MUNSTER suffered surprise opening day away defeats in European competition for the past two seasons, but such a setback this Saturday is likely to prove a near fatal blow to the province’s hopes of progressing to the knock-out stages of the inaugural European Rugby Champions Cup.
Anthony Foley’s Munster side take on Aviva Premiership outfit Sale Sharks at AJ Bell Stadium at 1pm this Saturday.
Munster managed to survive opening weekend defeats to Racing Metro in 2012 and Edinburgh Rugby 12 months ago and still manage to make the quarter-finals of the old Heineken Cup.
However, defeat away to Sale in Saturday’s opening round tie is likely to prove more costly to the province’s aspirations.
In a teak tough pool which contains three of last season’s European Cup semi-finalists in the guise of Munster, Clermont Auvergne and Saracens, there is little margin for error. With away day wins crucial in deciding which side or sides progresses from Pool 1, right now Munster’s meeting with the Sharks appears the best opportunity for Anthony Foley’s side to record an away win in the competition.
Sale have won just two of their six Aviva Premiership fixtures this season to lie tenth in the table. The Salford-based side suffered a 43-10 thumping away to Premiership leaders Northampton Saints last weekend.
Munster will, however, be mindful of the fact that Sale recorded an impressive home win over Wasps in their previous league outing. Nonetheless, Saturday’s fixture represents an excellent opportunity for Munster to record an away win.
The bookmakers’ also agree making Munster 4/9 favourites to win Saturday’s tie at AJ Bell Stadium, with Sale on offer at 7/4.
Munster haven’t always played well with an early kick-off away from home in European competition.
Saturday’s 1pm start brings its own challenge, but head coach Anthony Foley says the team is preparing for the challenge by changing meal times as well as going to bed and rising earlier.
Anthony Foley said: “It’s about making sure of our preparation for a one o’clock kick, that the 1pm start time it’s not a shock.
“We’d have talked about it to the boys that 7.30am can’t be the first time on Saturday morning when they have breakfast this week, they have to have it four or five times during the week.

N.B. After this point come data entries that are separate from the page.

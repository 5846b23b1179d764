// A month's expense is two shared lines: half by month volume, half by peak.
ghost use Rattle.std.specs.Prelude.{◌≡◌, ℕ, ℤ, map};
ghost use Rattle.lines.specs.Expense.{ExpenseAnswered, PeaksChecked, expense_in_range, volume_pool, peak_pool};

use crate::line::{ChargeLine, SharedLine, check_line, share_line, wrong_count};
use measures::amounts::{Cents, Kilowatts, MegawattHours, WeightUnit};
use measures::fault::{Cause, Fault, Layer};
use rules::sharing::Sharing;

// The pool of line 22: half of the expense, rounded down.
pub fn peak_pool(expense: Cents) -> Cents
    ensures { result.0 ≡ peak_pool expense.0 }
{
    Cents(expense.0.div_euclid(2))
}

// The pool of line 21: the rest of the expense.
pub fn volume_pool(expense: Cents) -> Cents
    ensures { result.0 ≡ volume_pool expense.0 }
{
    expense - peak_pool(expense)
}

// A unit of weight by which a part of the expense is shared.
pub trait ExpenseUnit: WeightUnit {
    // The part of an expense that is shared by weights of this unit.
    ghost part: { ℤ → ℤ };

    fn part(whole: Cents) -> Cents
        ensures { result.0 ≡ part whole.0 };
}

impl ExpenseUnit for MegawattHours {
    ghost part = { volume_pool };

    fn part(whole: Cents) -> Cents {
        volume_pool(whole)
    }
}

impl ExpenseUnit for Kilowatts {
    ghost part = { peak_pool };

    fn part(whole: Cents) -> Cents {
        peak_pool(whole)
    }
}

// A line of the expense: its part, by a weight for each participant.
#[derive(Clone, Copy)]
pub struct ExpenseLine<'a, U> {
    pub expense: Cents,
    pub weights: &'a [U],
}

// Line 21: the expense less its half, by each participant's month of load plus generation.
pub type VolumeLine<'a> = ExpenseLine<'a, MegawattHours>;

// Line 22: the rest, by each participant's peak load plus peak generation.
pub type PeakLine<'a> = ExpenseLine<'a, Kilowatts>;

// An impl for each number: the constant of one for all units could be named in no clause, so nothing would pin it.
impl<'a> ChargeLine for ExpenseLine<'a, MegawattHours> {
    const NUMBER: u8 = 21;

    ghost number = { 21 };

    fn line_number() -> u8
        ensures { result ≡ 21 }
    {
        Self::NUMBER
    }
}

impl<'a> ChargeLine for ExpenseLine<'a, Kilowatts> {
    const NUMBER: u8 = 22;

    ghost number = { 22 };

    fn line_number() -> u8
        ensures { result ≡ 22 }
    {
        Self::NUMBER
    }
}

impl<'a, U: ExpenseUnit> SharedLine for ExpenseLine<'a, U>
where
    ExpenseLine<'a, U>: ChargeLine,
{
    type Weight = U;

    ghost pool = { λ line. U.ExpenseUnit.part line.expense.0 };

    ghost weights = { λ line. line.weights.now };

    fn pool(&self) -> Cents {
        U::part(self.expense)
    }

    fn weights(&self) -> &[U] {
        self.weights
    }
}

// 0 to 4,000,000,000 cents.
fn is_in_range(expense: Cents) -> bool
    ensures { result ≡ expense_in_range expense.0 }
{
    0 <= expense.0 && expense.0 <= 4_000_000_000
}

// Whether line 22 can be shared among as many participants as line 21; else the refusal.
fn check_peaks(line: &PeakLine, participants: usize, places: usize) -> Result<(), Fault>
    ensures { PeaksChecked line.now.expense.0 participants (map (λ w. w.0) line.now.weights.now) places result }
{
    if line.weights.len() != participants {
        return Err(wrong_count(PeakLine::NUMBER));
    }
    check_line(line, places)
}

// Shares an expense by month volumes and by peaks: both lists are written, or neither. The four lists are the caller's,
// and those of the two lines may differ in length, which is refused.
pub fn share_expense<H: Sharing>(
    rule: &H,
    expense: Cents,
    volumes: &[MegawattHours],
    peaks: &[Kilowatts],
    by_volume: &mut [Cents],
    by_peak: &mut [Cents],
) -> Result<(), Fault>
    ensures { ExpenseAnswered (H.Sharing.shares rule.now) expense.0 (map (λ w. w.0) volumes.now) (map (λ w. w.0) peaks.now) by_volume.old by_volume.new by_peak.old by_peak.new result }
{
    let volume_line = ExpenseLine {
        expense,
        weights: volumes,
    };
    let peak_line = ExpenseLine {
        expense,
        weights: peaks,
    };
    check_line(&volume_line, by_volume.len())?;
    check_peaks(&peak_line, volumes.len(), by_peak.len())?;
    if !is_in_range(expense) {
        return Err(Fault::new(Cause::ExpenseOutOfRange, Layer::Share, None));
    }
    share_line(&volume_line, rule, by_volume)?;
    share_line(&peak_line, rule, by_peak)
}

“They have to be used to eating at that time and holding down the food and be able to train on the back of it. The boys have to get an enormous amount of food into them before 1pm so they can sustain an effort in the game.

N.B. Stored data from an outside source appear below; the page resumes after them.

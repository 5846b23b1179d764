// What a participant used of the pool in a month, by which an expense is shared.
ghost use Rattle.std.specs.Prelude.{◌≡◌, true, false, ◌+ℤ◌, MatchOption};
ghost use Rattle.std.specs.List.{list_all};
ghost use Rattle.lines.specs.Figures.{figures_fit, ten_digits};

use measures::amounts::{Kilowatts, MegawattHours};

// Four figures of at most ten digits each, so that their sums fit.
#[derive(Clone, Copy)]
pub struct MonthUse {
    load: MegawattHours,
    generation: MegawattHours,
    peak_load: Kilowatts,
    peak_generation: Kilowatts,
    ghost figures_ok: { figures_fit load.0 generation.0 peak_load.0 peak_generation.0 ≡ true },
}

fn has_ten_digits(figure: i64) -> bool
    ensures { result ≡ ten_digits figure }
{
    figure.unsigned_abs() < 10_000_000_000
}

fn have_ten_digits(figures: &[i64]) -> bool
    ensures { result ≡ list_all ten_digits figures.now }
{
    figures.iter().all(|figure| has_ten_digits(*figure))
}

impl MonthUse {
    // The use with these figures, where each has at most ten digits.
    pub fn new(
        load: MegawattHours,
        generation: MegawattHours,
        peak_load: Kilowatts,
        peak_generation: Kilowatts,
    ) -> Option<MonthUse>
        ensures { MatchOption result (figures_fit load.0 generation.0 peak_load.0 peak_generation.0 ≡ false) (λ u. (u.load ≡ load) × (u.generation ≡ generation) × (u.peak_load ≡ peak_load) × (u.peak_generation ≡ peak_generation)) }
    {
        if have_ten_digits(&[load.0, generation.0, peak_load.0, peak_generation.0]) {
            Some(MonthUse {
                load,
                generation,
                peak_load,
                peak_generation,
            })
        } else {
            None
        }
    }

    // The month's load plus generation: the weight in line 21.
    pub fn volume(&self) -> MegawattHours
        ensures { result.0 ≡ self.now.load.0 +ℤ self.now.generation.0 }
    {
        self.load + self.generation
    }

    // The peak load plus peak generation: the weight in line 22.
    pub fn peak(&self) -> Kilowatts
        ensures { result.0 ≡ self.now.peak_load.0 +ℤ self.now.peak_generation.0 }
    {
        self.peak_load + self.peak_generation
    }
}
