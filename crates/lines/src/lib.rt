// Charge lines, shared lines, and the two lines of a month's expense.
#![tactic(auto)]

pub mod expense;
pub mod line;
pub mod month_use;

“It’s that, it’s sleep, it’s everything. It’s the little things that you mightn’t consider going into the game that are the most important things on the match day, how you have eaten, how you have slept and that leads to guys feeling good in the pitch. What you want is fellas who are feeling powerful on the pitch, with a complete knowledge of what their task is.”
Improving Munster Form
THE confidence Munster players gleaned from their excellent away win over Leinster in the Guinness PRO12 cannot be overestimated.
It was a huge boost to the players and also to the new management team. Munster were never likely to be able to replicate the same level of intensity and physicality in their PRO12 fixture with Scarlets last weekend. Munster will travel to the AJ Bell Stadium with quiet confidence. They have, for the most part, managed to avoid the plague of injuries Leinster have experienced in recent weeks.

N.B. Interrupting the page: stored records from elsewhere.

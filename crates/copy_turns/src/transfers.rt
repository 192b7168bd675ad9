//! Pieces that a worker puts into a pipe and gets out of one.

ghost use Rattle.std.specs.Prelude.{◌≡◌, ◌<◌, ◌≤◌, [], length, take, IfErr, IfOk, MatchResult};
ghost use Rattle.wait_model.specs.declared.layout.TheConstants.{PIPES};
ghost use Rattle.wait_rule.specs.{Pipes.read_end, Pipes.write_end, PipeSays.reading, PipeSays.writing};
ghost use Rattle.wait_pipe.specs.Pieces.{IsAtEnd, IsSettled};
ghost use Rattle.copy_turns.specs.{Transfers.GetsPiece, Transfers.PutsWhole, Turns.HasGotBytes, Turns.HandedFront};
ghost use Rattle.copy_turns.specs.Work.{Apart, GoesOnBy, HaltsBy, IsAtWork, IsOwnHalt};

use crate::signals::is_killed;
use copy_plan::stop::Halt;
use std::sync::Wait;
use wait_pipe::{PipeEnd, read_piece, write_piece};
use wait_rule::{Domain, Task};

/// Puts all the bytes into a pipe, in as many pieces as it takes.
pub fn put_whole<R: Wait>(
    rt: &R,
    domain: &Domain,
    task: &mut Task,
    pipe: u8,
    bytes: &[u8],
) -> Result<(), Halt>
    requires of { task.old.domain ≡ domain.now }
    requires work { IsAtWork task.old }
    requires pipe { pipe < PIPES }
    requires settled { IsSettled (writing pipe task.old) }
    ensures put { MatchResult result (λ _. HasGotBytes (write_end pipe) task.old task.new bytes.now)
        (λ halt. HandedFront (write_end pipe) task.old task.new bytes.now halt) }
    ensures goes { PutsWhole (write_end pipe) task.old task.new bytes.now result }
{
    let mut done = 0;
    for _ in rt.forever() {
        if done == bytes.len() {
            return Ok(());
        }
        match write_piece(rt, domain, task, pipe, &bytes[done..]) {
            Ok(taken) => done += taken,
            Err(end) => {
                if let Err(halt) = halt_of(domain, task, end) {
                    return Err(halt);
                }
            }
        }
    }
    unreachable!()
}

/// What a call on a pipe that ended early makes of a worker's part: one that a signal ended is tried again, unless the
/// signal was fatal.
fn halt_of(domain: &Domain, task: &mut Task, end: PipeEnd) -> Result<(), Halt>
    requires of { task.old.domain ≡ domain.now }
    requires work { IsAtWork task.old }
    ensures apart { Apart task.old task.new }
    ensures halts { MatchResult result (λ _. GoesOnBy task.old task.new end) (HaltsBy task.old task.new end) }
{
    match end {
        PipeEnd::Broken => Err(Halt::Broken),
        PipeEnd::Worn { head, place } => Err(Halt::Worn { head, place }),
        PipeEnd::Interrupted { .. } => {
            if is_killed(domain, task) {
                Err(Halt::Killed)
            } else {
                Ok(())
            }
        }
    }
}

/// Takes bytes out of pipe `pipe` into a buffer of 7 bytes at least, and tries again where a signal that is not fatal ended
/// the wait. 0 says that the write end is closed and all is taken.
pub fn get<R: Wait>(
    rt: &R,
    domain: &Domain,
    task: &mut Task,
    pipe: u8,
    buf: &mut [u8],
) -> Result<usize, Halt>
    requires of { task.old.domain ≡ domain.now }
    requires work { IsAtWork task.old }
    requires pipe { pipe < PIPES }
    requires settled { IsSettled (reading pipe task.old) }
    requires buf { 7 ≤ length buf.old }
    ensures same { length buf.new ≡ length buf.old }
    ensures most { IfOk result (λ n. n ≤ length buf.new) }
    ensures got { MatchResult result (λ n. HasGotBytes (read_end pipe) task.old task.new (take n buf.new))
        (λ _. HasGotBytes (read_end pipe) task.old task.new []) }
    ensures end { IfOk result (λ n. n ≡ 0 → IsAtEnd (reading pipe task.new)) }
    ensures cause { IfErr result (IsOwnHalt task.old task.new) }
    ensures goes { GetsPiece (read_end pipe) task.old task.new buf.new result }
{
    for _ in rt.forever() {
        match read_piece(rt, domain, task, pipe, buf) {
            Ok(n) => return Ok(n),
            Err(end) => {
                if let Err(halt) = halt_of(domain, task, end) {
                    return Err(halt);
                }
            }
        }
    }
    unreachable!()
}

Sale’s recent run of form will hardly put the fear of God into Munster players this weekend although the Sharks are certain to carry far greater bite in front of their home fans than they did in their limp performance away to Northampton Saints last weekend.
You Get What You Deserve
MUNSTER head coach Anthony Foley is better placed than many to provide an astute insight into what it takes to be successful in Europe, given his decorated playing career as well as his time as part of the Munster coaching set-up.
Foley said: “I suppose I am one of the few who can say it, since I have been involved in this competition at the start. You get what you deserve out of this competition. You slip up one day and you will be turned over and you have got to be on your metal. You have to understand that on any given day because of the quality of the opposition and because of the expectations of the player.
“Because it is a massive competition, I envy the players. I envy the fellas who are playing it for the first time because they don’t know what is in front of them. It is a magnificent competition with a lot of expectation.”
THE importance of Munster getting off to a winning start this weekend is clear when you consider the demanding fixture schedule which lies ahead of the province in Europe before Christmas.
Munster host Saracens - currently second in the Aviva Premiership and finalists in the Heineken Cup last season - at Thomond Park on Friday, October 24 at 7.45pm.
In rounds three and four in December, Munster face back-to back fixtures against Clermont Auvergne. Playing the first leg at home should be an advantage to Munster, especially if the French side lose away to Saracens this weekend. And the bookies’ fancy Sarries to prevail, pricing them up at 4/9 to win Saturday glamour tie.
It is always dangerous to get too far ahead of yourself in European competition. But should Munster beat Sale and Saracens, then Clermont at home in December, then the French side could be all but out by the time the return leg arrives. Simple as that!